**ACTIVITY**. Return exactly the lines that run from the one with "let odd = weights_of(x >> 4);" to the last line of the entries below, both included, and nothing else.

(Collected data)
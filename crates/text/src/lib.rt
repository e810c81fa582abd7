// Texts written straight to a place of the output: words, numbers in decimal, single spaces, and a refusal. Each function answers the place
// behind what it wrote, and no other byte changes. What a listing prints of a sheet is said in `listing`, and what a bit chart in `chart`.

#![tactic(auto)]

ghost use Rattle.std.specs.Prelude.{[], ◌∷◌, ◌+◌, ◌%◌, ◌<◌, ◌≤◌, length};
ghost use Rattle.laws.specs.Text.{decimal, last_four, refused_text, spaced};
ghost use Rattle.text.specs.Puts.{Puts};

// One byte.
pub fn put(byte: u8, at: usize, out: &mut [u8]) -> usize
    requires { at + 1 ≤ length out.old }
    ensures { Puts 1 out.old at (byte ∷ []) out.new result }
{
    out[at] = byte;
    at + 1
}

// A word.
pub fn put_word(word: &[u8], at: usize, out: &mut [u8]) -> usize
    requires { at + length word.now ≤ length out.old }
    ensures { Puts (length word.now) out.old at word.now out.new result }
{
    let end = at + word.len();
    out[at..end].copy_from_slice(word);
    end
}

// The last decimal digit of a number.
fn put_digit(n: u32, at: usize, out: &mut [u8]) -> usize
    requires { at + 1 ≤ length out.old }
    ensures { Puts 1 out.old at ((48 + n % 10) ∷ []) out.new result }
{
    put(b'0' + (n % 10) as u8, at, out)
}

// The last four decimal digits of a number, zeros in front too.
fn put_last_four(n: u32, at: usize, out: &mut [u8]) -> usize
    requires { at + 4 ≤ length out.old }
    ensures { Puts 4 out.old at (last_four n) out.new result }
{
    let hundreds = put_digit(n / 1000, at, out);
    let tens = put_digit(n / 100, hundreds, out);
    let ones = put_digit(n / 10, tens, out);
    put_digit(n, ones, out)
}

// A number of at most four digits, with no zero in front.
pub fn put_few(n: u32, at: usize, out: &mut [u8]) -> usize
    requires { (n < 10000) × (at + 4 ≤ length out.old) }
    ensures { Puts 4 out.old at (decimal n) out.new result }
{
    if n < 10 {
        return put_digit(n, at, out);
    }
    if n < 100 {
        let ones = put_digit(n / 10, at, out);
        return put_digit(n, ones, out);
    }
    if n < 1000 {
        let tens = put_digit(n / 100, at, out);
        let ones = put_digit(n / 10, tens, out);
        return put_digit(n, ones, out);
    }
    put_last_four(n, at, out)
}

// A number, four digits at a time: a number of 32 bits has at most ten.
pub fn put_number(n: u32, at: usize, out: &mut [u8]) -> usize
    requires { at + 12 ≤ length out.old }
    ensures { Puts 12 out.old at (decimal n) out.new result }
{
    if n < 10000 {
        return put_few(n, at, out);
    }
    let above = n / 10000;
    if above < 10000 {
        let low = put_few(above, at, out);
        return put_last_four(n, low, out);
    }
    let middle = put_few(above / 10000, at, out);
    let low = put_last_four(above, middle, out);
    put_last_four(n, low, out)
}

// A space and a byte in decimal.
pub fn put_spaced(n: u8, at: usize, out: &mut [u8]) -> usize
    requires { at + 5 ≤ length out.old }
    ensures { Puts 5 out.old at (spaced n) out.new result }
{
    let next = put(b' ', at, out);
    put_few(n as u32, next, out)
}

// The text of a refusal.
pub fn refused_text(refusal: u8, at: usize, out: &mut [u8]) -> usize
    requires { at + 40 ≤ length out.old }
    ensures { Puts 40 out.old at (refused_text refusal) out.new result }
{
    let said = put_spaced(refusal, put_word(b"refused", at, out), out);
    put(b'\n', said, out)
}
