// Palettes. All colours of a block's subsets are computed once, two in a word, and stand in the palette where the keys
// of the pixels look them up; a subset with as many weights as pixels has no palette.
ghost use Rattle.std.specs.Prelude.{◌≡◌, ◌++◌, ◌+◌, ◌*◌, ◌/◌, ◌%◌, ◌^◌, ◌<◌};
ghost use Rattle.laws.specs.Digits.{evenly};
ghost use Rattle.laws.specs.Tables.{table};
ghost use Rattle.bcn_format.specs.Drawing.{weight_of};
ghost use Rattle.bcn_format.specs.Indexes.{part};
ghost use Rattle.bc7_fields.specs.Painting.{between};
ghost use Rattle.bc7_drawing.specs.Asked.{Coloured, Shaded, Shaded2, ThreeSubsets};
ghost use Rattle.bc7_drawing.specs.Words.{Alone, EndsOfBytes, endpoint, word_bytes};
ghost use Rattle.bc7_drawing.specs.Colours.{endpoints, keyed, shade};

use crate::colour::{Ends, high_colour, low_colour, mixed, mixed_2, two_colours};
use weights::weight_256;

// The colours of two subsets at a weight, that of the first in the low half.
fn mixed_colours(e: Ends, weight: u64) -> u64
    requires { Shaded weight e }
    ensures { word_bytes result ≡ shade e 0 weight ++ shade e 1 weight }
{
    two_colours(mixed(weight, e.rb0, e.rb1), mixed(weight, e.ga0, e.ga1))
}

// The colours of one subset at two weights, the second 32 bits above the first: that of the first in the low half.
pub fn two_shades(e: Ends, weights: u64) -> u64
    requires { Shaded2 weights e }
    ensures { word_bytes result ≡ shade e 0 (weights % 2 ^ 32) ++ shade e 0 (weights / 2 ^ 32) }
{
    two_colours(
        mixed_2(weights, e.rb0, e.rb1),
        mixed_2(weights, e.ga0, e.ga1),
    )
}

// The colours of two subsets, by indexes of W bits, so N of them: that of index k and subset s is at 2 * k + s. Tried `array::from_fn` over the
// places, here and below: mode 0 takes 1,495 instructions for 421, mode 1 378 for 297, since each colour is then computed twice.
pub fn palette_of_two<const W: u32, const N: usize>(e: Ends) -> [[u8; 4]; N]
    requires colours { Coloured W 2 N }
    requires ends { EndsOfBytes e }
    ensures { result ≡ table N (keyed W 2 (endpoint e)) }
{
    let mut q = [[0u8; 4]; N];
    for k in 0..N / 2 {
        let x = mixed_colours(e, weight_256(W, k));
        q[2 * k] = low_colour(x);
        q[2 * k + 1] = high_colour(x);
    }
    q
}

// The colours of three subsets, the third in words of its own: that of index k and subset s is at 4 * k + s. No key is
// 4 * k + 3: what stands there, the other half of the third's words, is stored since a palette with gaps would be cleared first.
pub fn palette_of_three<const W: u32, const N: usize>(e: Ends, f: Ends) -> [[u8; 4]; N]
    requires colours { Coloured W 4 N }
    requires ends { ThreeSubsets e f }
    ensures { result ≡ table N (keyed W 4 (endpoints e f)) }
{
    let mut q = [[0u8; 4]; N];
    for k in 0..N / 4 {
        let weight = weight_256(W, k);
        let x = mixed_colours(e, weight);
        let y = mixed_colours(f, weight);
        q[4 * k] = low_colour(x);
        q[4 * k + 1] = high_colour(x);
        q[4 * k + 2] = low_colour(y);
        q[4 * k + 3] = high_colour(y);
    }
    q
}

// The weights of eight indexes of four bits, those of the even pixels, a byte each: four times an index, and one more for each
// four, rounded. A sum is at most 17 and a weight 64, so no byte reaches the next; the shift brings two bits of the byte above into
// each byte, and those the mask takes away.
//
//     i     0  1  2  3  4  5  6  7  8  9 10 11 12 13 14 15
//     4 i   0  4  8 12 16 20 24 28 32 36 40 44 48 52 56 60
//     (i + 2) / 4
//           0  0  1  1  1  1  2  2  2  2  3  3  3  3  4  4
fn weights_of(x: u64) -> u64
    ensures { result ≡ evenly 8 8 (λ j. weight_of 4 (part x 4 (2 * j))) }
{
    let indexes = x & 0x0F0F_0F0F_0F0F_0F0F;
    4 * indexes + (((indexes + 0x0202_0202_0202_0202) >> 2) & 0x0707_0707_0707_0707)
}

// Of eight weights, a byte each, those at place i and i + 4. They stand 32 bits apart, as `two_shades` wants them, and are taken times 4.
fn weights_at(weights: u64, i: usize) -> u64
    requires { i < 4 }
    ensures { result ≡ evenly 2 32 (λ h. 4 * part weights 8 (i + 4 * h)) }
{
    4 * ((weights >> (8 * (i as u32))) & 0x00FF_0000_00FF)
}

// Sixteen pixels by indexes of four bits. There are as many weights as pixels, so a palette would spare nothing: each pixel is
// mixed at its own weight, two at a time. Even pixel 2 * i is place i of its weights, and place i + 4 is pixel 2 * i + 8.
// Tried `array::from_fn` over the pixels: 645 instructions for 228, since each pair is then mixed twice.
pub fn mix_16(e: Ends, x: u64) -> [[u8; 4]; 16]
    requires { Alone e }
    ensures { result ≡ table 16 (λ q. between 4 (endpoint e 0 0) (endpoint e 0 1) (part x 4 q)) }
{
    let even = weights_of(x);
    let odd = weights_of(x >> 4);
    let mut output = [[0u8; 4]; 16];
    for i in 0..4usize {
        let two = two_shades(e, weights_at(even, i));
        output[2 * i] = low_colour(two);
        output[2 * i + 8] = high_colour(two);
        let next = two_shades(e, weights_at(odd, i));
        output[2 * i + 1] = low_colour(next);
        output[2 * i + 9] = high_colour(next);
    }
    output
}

**THE ANSWER**.
    let odd = weights_of(x >> 4);
    let mut output = [[0u8; 4]; 16];
    for i in 0..4usize {
        let two = two_shades(e, weights_at(even, i));
        output[2 * i] = low_colour(two);
        output[2 * i + 8] = high_colour(two);
        let next = two_shades(e, weights_at(odd, i));
        output[2 * i + 1] = low_colour(next);
        output[2 * i + 9] = high_colour(next);
    }
    output
}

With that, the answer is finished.